The example above includes a second record type in which a field is
used as the data type for a set.  Records can be repeatedly nested
within other records, their fields reachable through repeated chains
of the ``$`` dereference operator.

It's also common to see a ``type`` used to simply alias a data
structure to a more descriptive name.  The example below shows an
example of this from Zeek's own type definitions file.

.. code-block:: zeek
   :caption: init-bare.zeek

   type string_array: table[count] of string;
   type string_set: set[string];
   type addr_set: set[addr];

The three lines above alias a type of data structure to a descriptive
name.  Functionally, the operations are the same, however, each of the
types above are named such that their function is instantly
identifiable.  This is another place in Zeek scripting where
consideration can lead to better readability of your code and thus
easier maintainability in the future.


Custom Logging
==============

Armed with a decent understanding of the data types and data
structures in Zeek, exploring the various frameworks available is a
much more rewarding effort.  The framework with which most users are
likely to have the most interaction is the Logging Framework.
Designed in such a way to so as to abstract much of the process of
creating a file and appending ordered and organized data into it, the
Logging Framework makes use of some potentially unfamiliar
nomenclature.  Specifically, Log Streams, Filters and Writers are
simply abstractions of the processes required to manage a high rate of
incoming logs while maintaining full operability.  If you've seen Zeek
employed in an environment with a large number of connections, you
know that logs are produced incredibly quickly; the ability to process
a large set of data and write it to disk is due to the design of the
Logging Framework.

Data is written to a Log Stream based on decision making processes in
Zeek's scriptland.  Log Streams correspond to a single log as defined
by the set of name/value pairs that make up its fields.  That data can
then be filtered, modified, or redirected with Logging Filters which,
by default, are set to log everything.  Filters can be used to break
log files into subsets or duplicate that information to another
output.  The final output of the data is defined by the writer.  Zeek's
default writer is simple tab separated ASCII files but Zeek also
includes support for `DataSeries <https://github.com/dataseries>`_
and `Elasticsearch <http://www.elasticsearch.org>`_ outputs as well as
additional writers currently in development.  While these new terms
and ideas may give the impression that the Logging Framework is
difficult to work with, the actual learning curve is, in actuality,
not very steep at all.  The abstraction built into the Logging
Framework makes it such that a vast majority of scripts needs not go
past the basics.  In effect, writing to a log file is as simple as
defining the format of your data, letting Zeek know that you wish to
create a new log, and then calling the :zeek:id:`Log::write` method to
output log records.

The Logging Framework is an area in Zeek where, the more you see it
used and the more you use it yourself, the more second nature the
boilerplate parts of the code will become.  As such, let's work
through a contrived example of simply logging the digits 1 through 10
and their corresponding factorial to the default ASCII log writer.
It's always best to work through the problem once, simulating the
desired output with ``print`` and ``fmt`` before attempting to dive
into the Logging Framework.

.. literalinclude:: framework_logging_factorial_01.zeek
   :caption:
   :language: zeek
   :linenos:
   :tab-width: 4

.. code-block:: console

   $ zeek framework_logging_factorial_01.zeek
   1
   2
   6
   24
   120
   720
   5040
   40320
   362880
   3628800

This script defines a factorial function to recursively calculate the
factorial of a unsigned integer passed as an argument to the function.  Using
``print`` and  :zeek:id:`fmt` we can ensure that Zeek can perform these
calculations correctly as well get an idea of the answers ourselves.

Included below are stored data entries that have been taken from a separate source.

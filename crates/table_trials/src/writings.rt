// Writing a network file: Fig. 1 with refusal 28 from both sides, and the greatest file, each read again.
ghost use Rattle.std.specs.Prelude.{◌<◌, ◌≤◌};

use crate::WORDS;
use bnw::FileWritten;
use bonds::Reading;
use network::Network;
use say::{Shown, ShownBytes};
use std::{array, io};

// The bytes of the greatest file.
const GREATEST: usize = bnw::HEAD + bnw::BOND * bnw::BONDS;

// The atoms of a group of the greatest table: an atom's neighbours, the atom and its partner.
const GROUP: usize = Network::PLACES + 2;

pub fn run(rt: &impl Print, figure: &[u16]) -> io::Result<()> {
    there(rt, figure)?;
    greatest(rt)
}

// Fig. 1 written into 44, 45 and 46 bytes, and its file read and written again.
fn there(rt: &impl Print, figure: &[u16]) -> io::Result<()> {
    for room in 44..=46 {
        write(rt, figure, room)?;
    }
    let file =
        b"BNW\x01\x00\x07\x00\x09\x00\x00\x00\x01\x00\x00\x00\x04\x00\x01\x00\x02\x00\x01\x00\x03\x00\x02\x00\x05\x00\x03\x00\x05\x00\x03\x00\x06\x00\x04\x00\x05\x00\x05\x00\x06\x00";
    let mut read = [0u16; 56];
    again(rt, file, &mut read, figure)?;
    write(rt, &read, 45)
}

// Writes seven atoms into so many bytes, and shows them and those after them.
fn write(rt: &impl Print, table: &[u16], room: usize) -> io::Result<()>
    requires { room ≤ 46 }
{
    let mut file = [9u8; 46];
    let written = FileWritten::from(bnw_writer::write(7, table, &mut file[..room]));
    println!(rt;
        "write, bytes {room}: {} {}",
        Shown(&written.answer),
        written.bytes
    )?;
    println!(rt; "{}", ShownBytes(&file))
}

// Reads a table's file, and tells how many words at the same places are the same.
fn again(rt: &impl Print, file: &[u8], read: &mut [u16], table: &[u16]) -> io::Result<()> {
    let reading = bnw_reader::read(file, read);
    println!(rt; "read: {}", Shown(&reading))?;
    let alike = table
        .iter()
        .zip(read.iter())
        .filter(|(x, y)| x == y)
        .count();
    println!(rt; "the same words {alike} of {}", table.len())
}

// 250 atoms with eight bonds each: 1000 bonds in 4,009 bytes.
fn greatest(rt: &impl Print) -> io::Result<()> {
    let table: [u16; WORDS] = array::from_fn(neighbour);
    let mut file = [0u8; GREATEST + 1];
    let written = FileWritten::from(bnw_writer::write(Network::ATOMS, &table, &mut file));
    println!(rt;
        "write, the most atoms and bonds: {} {}",
        Shown(&written.answer),
        written.bytes
    )?;
    again(rt, file.split_at(GREATEST).0, &mut [0u16; WORDS], &table)
}

// The word i of a table of groups of atoms, in which each is bonded to all but itself and its partner, the other of its pair: a row
// passes over its atom's pair.
fn neighbour(i: usize) -> u16
    requires { i < WORDS }
{
    let x = i / Network::PLACES;
    let p = i % Network::PLACES;
    let first = x - x % GROUP;
    let pair = x % GROUP / 2 * 2;
    let y = if p < pair { first + p } else { first + p + 2 };
    y as u16
}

The output of the script aligns with what we expect so now it's time
to integrate the Logging Framework.

.. literalinclude:: framework_logging_factorial_02.zeek
   :caption:
   :language: zeek
   :linenos:
   :tab-width: 4

As mentioned above we have to perform a few steps before we can
issue the :zeek:id:`Log::write` method and produce a logfile.
As we are working within a namespace and informing an outside
entity of workings and data internal to the namespace, we use
an ``export`` block.  First we need to inform Zeek
that we are going to be adding another Log Stream by adding a value to
the :zeek:type:`Log::ID` enumerable.  In this script, we append the
value ``LOG`` to the ``Log::ID`` enumerable, however due to this being in
an export block the value appended to ``Log::ID`` is actually
``Factor::LOG``.  Next, we define the fields
that make up the data of our logs and dictate its format.  This script
defines a new record datatype called ``Info`` (actually,
``Factor::Info``) with two fields, both unsigned integers. Each of the
fields in the ``Factor::Info`` record type include the ``&log``
attribute, indicating that these fields should be passed to the
Logging Framework when ``Log::write`` is called.
Any record fields without the ``&log`` attribute are ignored by the
Logging Framework. The next step is to create the logging
stream with :zeek:id:`Log::create_stream` which takes a ``Log::ID`` and a
record as its arguments.  In this example, we call the
``Log::create_stream`` method and pass ``Factor::LOG`` and the
``Factor::Info`` record as arguments. From here on out, if we issue
the ``Log::write`` command with the correct ``Log::ID`` and a properly
formatted ``Factor::Info`` record, a log entry will be generated.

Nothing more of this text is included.